Problem to work on – Search the records below for the word "another". Copy each line where it occurs.

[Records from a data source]
-=-=-=-=-

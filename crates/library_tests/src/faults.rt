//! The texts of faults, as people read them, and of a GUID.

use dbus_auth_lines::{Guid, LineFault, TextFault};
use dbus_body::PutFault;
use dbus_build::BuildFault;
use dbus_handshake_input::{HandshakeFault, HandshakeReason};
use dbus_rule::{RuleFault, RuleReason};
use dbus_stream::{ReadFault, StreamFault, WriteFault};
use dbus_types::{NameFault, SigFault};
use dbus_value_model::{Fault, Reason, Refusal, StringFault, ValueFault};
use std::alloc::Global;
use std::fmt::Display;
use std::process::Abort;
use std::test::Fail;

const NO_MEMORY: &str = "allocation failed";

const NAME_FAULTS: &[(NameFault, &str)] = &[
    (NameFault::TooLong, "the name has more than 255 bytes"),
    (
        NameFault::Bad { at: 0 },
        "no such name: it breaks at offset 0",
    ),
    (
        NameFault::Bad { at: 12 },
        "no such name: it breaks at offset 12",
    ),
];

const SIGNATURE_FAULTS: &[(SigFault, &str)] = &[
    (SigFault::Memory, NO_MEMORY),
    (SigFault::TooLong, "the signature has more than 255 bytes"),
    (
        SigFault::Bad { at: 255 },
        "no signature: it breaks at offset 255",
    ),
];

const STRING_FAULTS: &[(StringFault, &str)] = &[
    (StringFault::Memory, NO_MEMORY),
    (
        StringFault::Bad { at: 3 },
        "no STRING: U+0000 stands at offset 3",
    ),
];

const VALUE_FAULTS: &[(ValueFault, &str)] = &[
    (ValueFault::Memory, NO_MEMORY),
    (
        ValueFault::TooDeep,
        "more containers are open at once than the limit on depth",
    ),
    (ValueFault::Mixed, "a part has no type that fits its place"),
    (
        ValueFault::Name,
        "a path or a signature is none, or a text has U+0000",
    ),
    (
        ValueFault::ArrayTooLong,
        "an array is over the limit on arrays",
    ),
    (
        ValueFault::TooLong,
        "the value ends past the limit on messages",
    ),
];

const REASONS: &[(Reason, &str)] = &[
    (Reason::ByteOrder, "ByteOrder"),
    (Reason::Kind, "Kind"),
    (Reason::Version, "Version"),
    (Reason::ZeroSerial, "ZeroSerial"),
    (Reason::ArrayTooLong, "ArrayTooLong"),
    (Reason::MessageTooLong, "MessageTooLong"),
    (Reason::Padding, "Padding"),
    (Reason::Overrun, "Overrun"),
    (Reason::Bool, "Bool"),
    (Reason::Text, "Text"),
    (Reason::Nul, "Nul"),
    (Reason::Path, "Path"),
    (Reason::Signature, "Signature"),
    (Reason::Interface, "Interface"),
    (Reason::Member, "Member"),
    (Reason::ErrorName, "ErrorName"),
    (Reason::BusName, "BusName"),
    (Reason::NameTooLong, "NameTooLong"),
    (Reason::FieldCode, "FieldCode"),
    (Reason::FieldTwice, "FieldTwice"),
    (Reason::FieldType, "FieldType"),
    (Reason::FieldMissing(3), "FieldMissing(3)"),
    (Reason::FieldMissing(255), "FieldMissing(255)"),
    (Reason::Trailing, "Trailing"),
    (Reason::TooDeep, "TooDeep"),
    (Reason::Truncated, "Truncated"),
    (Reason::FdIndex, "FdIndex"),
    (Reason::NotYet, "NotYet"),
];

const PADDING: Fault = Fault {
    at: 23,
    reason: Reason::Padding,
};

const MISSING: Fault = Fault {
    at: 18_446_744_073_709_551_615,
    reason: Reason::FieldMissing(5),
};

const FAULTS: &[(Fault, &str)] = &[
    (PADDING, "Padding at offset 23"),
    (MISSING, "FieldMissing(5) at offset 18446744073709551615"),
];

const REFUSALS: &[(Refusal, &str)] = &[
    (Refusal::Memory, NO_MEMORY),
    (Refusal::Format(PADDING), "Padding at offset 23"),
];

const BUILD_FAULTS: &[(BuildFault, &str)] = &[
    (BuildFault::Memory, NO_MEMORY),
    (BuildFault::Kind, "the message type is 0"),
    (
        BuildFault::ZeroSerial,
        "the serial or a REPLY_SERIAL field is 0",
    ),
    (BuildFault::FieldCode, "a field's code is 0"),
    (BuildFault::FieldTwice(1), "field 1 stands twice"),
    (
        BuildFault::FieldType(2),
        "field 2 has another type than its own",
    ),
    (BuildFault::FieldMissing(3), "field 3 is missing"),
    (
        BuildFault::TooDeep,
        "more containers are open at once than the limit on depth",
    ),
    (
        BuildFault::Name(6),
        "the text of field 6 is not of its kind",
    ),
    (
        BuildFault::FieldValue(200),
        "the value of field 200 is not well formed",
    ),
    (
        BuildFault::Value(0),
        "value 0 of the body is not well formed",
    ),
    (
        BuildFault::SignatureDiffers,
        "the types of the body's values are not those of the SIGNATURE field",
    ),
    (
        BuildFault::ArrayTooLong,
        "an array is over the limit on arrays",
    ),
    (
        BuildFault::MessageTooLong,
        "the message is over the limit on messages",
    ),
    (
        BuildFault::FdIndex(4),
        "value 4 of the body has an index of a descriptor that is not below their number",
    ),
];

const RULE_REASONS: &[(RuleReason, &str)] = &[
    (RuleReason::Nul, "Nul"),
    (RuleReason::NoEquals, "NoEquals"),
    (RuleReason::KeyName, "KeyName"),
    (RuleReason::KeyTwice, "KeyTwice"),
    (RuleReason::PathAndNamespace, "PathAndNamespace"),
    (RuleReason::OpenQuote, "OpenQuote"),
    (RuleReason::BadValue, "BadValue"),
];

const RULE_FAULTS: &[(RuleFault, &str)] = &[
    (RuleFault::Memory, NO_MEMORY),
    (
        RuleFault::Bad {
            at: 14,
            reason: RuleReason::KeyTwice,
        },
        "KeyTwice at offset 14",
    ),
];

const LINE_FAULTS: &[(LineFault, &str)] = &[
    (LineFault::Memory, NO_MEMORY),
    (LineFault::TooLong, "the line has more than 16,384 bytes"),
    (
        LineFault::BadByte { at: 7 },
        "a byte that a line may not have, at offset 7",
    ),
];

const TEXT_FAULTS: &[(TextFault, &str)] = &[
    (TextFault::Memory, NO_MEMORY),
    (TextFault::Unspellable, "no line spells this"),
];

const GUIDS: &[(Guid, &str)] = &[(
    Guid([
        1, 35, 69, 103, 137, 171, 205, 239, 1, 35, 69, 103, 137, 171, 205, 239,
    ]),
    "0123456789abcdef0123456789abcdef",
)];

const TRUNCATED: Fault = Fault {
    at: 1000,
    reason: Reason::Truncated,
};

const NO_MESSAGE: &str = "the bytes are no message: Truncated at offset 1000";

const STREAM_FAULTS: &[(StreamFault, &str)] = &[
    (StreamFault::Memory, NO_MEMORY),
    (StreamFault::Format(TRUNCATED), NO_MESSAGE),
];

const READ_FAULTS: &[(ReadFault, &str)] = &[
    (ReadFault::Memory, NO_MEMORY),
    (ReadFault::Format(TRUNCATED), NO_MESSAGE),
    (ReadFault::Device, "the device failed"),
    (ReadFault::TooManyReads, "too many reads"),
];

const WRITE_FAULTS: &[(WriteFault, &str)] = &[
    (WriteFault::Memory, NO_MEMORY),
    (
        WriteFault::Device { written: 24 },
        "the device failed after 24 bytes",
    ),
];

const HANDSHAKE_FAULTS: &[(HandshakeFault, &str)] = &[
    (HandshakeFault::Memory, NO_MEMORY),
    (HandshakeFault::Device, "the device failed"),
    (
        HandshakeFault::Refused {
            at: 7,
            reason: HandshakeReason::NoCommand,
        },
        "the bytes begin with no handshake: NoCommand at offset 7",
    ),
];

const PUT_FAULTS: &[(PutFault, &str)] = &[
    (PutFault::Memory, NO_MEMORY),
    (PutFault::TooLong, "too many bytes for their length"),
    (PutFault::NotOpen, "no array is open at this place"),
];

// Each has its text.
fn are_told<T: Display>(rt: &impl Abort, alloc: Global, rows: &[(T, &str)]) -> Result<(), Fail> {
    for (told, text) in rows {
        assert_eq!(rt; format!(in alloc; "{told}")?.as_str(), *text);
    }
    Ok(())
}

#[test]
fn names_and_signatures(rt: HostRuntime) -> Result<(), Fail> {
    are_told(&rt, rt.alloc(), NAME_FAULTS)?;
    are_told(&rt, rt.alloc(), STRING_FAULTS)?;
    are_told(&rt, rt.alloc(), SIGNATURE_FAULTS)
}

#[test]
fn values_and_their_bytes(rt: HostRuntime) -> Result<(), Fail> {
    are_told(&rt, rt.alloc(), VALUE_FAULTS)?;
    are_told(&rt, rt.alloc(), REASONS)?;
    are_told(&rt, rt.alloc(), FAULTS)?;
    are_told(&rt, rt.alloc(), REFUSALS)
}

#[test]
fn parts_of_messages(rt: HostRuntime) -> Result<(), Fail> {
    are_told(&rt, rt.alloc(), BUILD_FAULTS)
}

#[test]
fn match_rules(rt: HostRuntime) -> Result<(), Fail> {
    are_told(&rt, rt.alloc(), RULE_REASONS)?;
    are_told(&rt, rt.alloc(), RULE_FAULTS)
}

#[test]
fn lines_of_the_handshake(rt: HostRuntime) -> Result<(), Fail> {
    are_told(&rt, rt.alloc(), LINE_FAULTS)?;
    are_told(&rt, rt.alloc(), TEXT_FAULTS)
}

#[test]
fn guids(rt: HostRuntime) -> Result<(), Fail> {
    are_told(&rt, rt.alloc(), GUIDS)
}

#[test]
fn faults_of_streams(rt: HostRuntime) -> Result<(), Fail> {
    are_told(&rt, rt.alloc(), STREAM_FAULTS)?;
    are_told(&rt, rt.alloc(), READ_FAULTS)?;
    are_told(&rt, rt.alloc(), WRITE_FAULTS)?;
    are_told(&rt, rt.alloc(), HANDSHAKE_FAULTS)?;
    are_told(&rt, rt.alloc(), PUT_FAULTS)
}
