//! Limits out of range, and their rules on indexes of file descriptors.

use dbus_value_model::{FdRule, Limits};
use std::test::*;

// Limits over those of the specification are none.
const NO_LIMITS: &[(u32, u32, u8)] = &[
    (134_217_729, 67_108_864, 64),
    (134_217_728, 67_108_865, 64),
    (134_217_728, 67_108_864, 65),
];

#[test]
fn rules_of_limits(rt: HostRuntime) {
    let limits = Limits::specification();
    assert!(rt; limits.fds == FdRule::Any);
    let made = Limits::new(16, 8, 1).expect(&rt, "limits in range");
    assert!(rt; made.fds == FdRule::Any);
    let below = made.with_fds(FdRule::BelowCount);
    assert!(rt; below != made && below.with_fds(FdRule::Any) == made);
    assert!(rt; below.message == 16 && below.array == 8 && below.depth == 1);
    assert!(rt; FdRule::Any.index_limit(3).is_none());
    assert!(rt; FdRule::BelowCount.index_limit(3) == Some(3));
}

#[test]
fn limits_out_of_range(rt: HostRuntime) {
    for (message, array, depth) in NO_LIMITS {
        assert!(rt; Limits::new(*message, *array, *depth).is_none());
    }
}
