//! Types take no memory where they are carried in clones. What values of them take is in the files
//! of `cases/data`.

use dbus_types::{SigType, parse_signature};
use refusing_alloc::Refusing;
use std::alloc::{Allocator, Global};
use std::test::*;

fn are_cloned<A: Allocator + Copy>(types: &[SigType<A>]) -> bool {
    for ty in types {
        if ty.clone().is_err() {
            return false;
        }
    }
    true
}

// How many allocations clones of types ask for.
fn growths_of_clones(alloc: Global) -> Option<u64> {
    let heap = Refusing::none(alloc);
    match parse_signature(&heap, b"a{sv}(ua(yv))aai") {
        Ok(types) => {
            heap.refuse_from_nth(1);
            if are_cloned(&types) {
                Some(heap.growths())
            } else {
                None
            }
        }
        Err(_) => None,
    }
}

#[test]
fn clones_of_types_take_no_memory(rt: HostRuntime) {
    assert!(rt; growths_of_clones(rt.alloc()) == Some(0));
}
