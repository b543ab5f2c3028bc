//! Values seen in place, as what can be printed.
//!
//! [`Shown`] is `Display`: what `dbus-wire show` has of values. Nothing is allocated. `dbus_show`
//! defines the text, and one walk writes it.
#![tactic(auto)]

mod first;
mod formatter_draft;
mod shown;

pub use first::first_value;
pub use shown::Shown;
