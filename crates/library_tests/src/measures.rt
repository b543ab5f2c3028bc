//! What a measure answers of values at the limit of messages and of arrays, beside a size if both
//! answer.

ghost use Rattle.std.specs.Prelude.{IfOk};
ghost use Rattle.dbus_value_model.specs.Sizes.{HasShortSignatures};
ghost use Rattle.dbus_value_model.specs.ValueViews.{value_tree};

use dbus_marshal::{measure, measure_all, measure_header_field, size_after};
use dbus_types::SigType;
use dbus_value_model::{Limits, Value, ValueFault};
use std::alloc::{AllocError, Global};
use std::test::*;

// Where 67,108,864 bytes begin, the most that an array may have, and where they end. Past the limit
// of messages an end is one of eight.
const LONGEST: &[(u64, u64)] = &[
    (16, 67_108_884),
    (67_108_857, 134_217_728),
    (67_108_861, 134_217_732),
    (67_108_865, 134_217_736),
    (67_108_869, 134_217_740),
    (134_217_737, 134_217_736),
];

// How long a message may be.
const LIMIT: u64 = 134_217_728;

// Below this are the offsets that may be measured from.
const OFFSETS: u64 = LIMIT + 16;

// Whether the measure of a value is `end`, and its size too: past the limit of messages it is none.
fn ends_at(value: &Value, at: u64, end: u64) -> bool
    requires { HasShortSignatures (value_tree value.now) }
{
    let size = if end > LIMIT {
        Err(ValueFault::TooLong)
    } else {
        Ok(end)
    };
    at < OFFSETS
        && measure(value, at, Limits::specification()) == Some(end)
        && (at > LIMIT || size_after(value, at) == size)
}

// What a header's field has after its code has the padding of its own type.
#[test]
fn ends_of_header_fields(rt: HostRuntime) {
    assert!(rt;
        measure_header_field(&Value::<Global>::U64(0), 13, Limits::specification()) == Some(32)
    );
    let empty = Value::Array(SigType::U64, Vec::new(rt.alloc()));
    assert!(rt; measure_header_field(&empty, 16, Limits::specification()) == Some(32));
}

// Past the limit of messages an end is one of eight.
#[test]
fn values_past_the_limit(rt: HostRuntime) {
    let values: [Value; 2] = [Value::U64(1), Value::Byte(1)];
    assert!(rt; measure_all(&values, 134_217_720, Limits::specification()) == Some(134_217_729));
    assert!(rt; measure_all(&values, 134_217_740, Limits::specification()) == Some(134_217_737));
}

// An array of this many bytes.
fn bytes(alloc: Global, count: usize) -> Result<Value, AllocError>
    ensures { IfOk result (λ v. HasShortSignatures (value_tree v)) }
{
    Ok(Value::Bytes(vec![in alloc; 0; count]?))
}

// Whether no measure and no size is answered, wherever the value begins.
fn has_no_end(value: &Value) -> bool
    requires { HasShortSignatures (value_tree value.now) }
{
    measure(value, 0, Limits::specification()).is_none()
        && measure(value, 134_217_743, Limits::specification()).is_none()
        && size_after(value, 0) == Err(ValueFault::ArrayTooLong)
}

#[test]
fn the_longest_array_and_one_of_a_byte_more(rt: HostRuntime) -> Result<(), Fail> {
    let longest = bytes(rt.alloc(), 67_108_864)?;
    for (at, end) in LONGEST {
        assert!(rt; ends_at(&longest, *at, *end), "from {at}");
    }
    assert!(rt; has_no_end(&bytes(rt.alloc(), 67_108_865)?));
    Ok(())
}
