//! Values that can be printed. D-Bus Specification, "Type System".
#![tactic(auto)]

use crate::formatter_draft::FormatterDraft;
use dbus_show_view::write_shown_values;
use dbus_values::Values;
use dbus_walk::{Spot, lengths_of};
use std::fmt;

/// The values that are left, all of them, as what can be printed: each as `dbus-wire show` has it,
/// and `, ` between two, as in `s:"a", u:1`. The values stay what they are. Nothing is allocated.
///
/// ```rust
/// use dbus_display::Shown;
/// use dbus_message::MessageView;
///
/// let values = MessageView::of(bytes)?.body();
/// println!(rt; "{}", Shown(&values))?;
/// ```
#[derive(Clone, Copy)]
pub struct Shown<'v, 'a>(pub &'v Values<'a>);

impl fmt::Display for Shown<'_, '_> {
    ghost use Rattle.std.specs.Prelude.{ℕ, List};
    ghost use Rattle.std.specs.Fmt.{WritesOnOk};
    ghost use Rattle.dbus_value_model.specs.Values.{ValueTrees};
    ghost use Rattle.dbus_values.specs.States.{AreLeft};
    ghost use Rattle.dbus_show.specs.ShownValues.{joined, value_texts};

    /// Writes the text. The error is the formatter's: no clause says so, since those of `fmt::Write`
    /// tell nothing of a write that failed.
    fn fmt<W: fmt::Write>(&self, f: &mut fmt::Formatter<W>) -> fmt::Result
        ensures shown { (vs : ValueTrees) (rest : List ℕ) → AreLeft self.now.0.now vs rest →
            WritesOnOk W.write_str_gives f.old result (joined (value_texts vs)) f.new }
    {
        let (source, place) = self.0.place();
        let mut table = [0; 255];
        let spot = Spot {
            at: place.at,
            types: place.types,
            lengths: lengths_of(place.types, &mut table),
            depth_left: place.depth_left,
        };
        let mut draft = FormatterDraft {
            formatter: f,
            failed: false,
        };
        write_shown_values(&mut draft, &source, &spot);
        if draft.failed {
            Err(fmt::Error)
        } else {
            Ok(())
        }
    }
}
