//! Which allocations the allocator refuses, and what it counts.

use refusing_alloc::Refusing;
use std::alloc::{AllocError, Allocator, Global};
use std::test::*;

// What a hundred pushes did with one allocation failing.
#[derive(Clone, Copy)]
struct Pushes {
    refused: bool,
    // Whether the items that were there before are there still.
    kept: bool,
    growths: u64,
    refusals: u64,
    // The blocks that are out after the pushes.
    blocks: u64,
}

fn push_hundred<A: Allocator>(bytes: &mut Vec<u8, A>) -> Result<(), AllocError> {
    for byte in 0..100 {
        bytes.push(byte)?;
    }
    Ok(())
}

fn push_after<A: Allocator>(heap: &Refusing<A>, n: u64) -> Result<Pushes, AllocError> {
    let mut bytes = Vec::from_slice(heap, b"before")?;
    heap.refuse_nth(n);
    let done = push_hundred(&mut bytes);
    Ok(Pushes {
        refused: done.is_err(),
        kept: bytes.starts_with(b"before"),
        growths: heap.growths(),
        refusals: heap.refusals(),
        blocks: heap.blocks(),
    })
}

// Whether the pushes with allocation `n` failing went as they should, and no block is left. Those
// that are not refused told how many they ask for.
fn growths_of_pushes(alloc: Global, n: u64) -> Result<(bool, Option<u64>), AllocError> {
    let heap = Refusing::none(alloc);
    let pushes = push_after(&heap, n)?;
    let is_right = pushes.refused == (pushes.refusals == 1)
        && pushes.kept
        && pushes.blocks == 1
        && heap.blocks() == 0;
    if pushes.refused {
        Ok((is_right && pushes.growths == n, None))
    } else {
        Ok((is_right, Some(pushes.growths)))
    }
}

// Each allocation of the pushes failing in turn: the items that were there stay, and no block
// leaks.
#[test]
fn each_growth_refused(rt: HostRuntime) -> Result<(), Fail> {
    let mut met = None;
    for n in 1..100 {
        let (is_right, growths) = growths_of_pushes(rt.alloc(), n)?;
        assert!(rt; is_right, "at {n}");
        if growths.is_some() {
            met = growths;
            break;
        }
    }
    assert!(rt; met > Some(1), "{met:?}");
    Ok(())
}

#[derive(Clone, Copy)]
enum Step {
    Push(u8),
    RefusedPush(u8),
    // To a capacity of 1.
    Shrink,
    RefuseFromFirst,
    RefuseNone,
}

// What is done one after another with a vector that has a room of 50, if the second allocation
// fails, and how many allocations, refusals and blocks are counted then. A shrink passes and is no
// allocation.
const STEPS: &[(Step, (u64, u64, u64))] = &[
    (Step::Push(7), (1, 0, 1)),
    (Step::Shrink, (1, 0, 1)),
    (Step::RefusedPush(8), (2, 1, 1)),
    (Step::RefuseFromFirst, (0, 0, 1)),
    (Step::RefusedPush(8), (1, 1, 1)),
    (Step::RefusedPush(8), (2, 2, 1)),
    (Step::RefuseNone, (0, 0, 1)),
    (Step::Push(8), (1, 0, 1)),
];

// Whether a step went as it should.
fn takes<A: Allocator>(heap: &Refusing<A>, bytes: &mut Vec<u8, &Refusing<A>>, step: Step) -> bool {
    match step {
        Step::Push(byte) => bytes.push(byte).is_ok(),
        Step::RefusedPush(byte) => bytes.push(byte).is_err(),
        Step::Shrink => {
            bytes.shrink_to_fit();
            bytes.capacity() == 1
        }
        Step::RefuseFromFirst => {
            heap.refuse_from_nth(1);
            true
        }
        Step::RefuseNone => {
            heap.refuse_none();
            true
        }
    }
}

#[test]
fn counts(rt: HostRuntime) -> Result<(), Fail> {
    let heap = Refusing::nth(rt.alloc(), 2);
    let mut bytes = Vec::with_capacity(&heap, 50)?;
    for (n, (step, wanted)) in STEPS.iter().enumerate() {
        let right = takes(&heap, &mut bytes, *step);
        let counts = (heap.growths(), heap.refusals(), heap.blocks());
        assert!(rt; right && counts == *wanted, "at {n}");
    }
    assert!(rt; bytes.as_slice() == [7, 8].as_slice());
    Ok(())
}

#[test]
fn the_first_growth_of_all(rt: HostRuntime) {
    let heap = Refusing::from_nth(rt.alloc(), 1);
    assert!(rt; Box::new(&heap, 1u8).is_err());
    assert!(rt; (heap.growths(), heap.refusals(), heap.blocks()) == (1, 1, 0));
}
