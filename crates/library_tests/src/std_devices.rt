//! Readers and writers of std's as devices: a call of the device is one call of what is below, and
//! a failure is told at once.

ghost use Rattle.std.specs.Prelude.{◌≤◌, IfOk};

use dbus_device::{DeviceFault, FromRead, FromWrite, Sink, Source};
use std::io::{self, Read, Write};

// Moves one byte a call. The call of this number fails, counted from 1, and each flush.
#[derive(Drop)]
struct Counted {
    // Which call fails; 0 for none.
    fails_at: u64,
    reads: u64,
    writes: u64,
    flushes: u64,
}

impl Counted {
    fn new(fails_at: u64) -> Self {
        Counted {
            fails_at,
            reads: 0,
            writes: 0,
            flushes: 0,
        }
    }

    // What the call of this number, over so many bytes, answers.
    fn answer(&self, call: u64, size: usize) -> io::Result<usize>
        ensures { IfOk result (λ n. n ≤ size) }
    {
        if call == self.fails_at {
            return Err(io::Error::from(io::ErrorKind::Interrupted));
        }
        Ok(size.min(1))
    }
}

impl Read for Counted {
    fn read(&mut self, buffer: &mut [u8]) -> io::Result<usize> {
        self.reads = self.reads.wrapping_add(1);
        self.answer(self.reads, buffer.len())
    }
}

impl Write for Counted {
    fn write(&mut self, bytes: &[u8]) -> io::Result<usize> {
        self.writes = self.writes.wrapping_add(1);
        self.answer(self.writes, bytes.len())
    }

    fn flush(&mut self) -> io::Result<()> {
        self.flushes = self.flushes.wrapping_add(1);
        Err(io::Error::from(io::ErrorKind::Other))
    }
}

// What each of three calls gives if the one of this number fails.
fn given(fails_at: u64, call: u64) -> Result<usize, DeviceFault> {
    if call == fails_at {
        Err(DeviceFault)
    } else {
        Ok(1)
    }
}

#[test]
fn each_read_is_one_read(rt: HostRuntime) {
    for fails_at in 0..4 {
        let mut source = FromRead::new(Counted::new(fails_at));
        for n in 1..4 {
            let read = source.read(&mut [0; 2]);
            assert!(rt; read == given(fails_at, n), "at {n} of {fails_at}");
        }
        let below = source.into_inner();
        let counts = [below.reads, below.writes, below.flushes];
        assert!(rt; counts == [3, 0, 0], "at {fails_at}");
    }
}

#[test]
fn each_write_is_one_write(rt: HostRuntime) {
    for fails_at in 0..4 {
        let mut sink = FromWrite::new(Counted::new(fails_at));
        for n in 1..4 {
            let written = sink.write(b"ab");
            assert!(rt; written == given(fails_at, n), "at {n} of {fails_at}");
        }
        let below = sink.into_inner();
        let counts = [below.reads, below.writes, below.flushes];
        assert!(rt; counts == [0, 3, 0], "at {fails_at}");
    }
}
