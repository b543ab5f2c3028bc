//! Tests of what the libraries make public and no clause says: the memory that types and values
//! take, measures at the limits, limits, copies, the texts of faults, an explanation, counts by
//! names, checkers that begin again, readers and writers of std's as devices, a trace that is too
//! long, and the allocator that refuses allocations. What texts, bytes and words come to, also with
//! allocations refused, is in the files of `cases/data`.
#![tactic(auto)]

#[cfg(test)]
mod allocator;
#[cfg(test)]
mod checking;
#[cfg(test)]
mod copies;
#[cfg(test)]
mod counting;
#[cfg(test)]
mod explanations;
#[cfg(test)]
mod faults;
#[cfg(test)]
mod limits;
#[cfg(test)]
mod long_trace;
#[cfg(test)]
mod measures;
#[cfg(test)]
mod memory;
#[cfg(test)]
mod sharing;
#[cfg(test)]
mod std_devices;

-=-=-=-=-

Answer for this exercise –
        "field 2 has another type than its own",
// What is done one after another with a vector that has a room of 50, if the second allocation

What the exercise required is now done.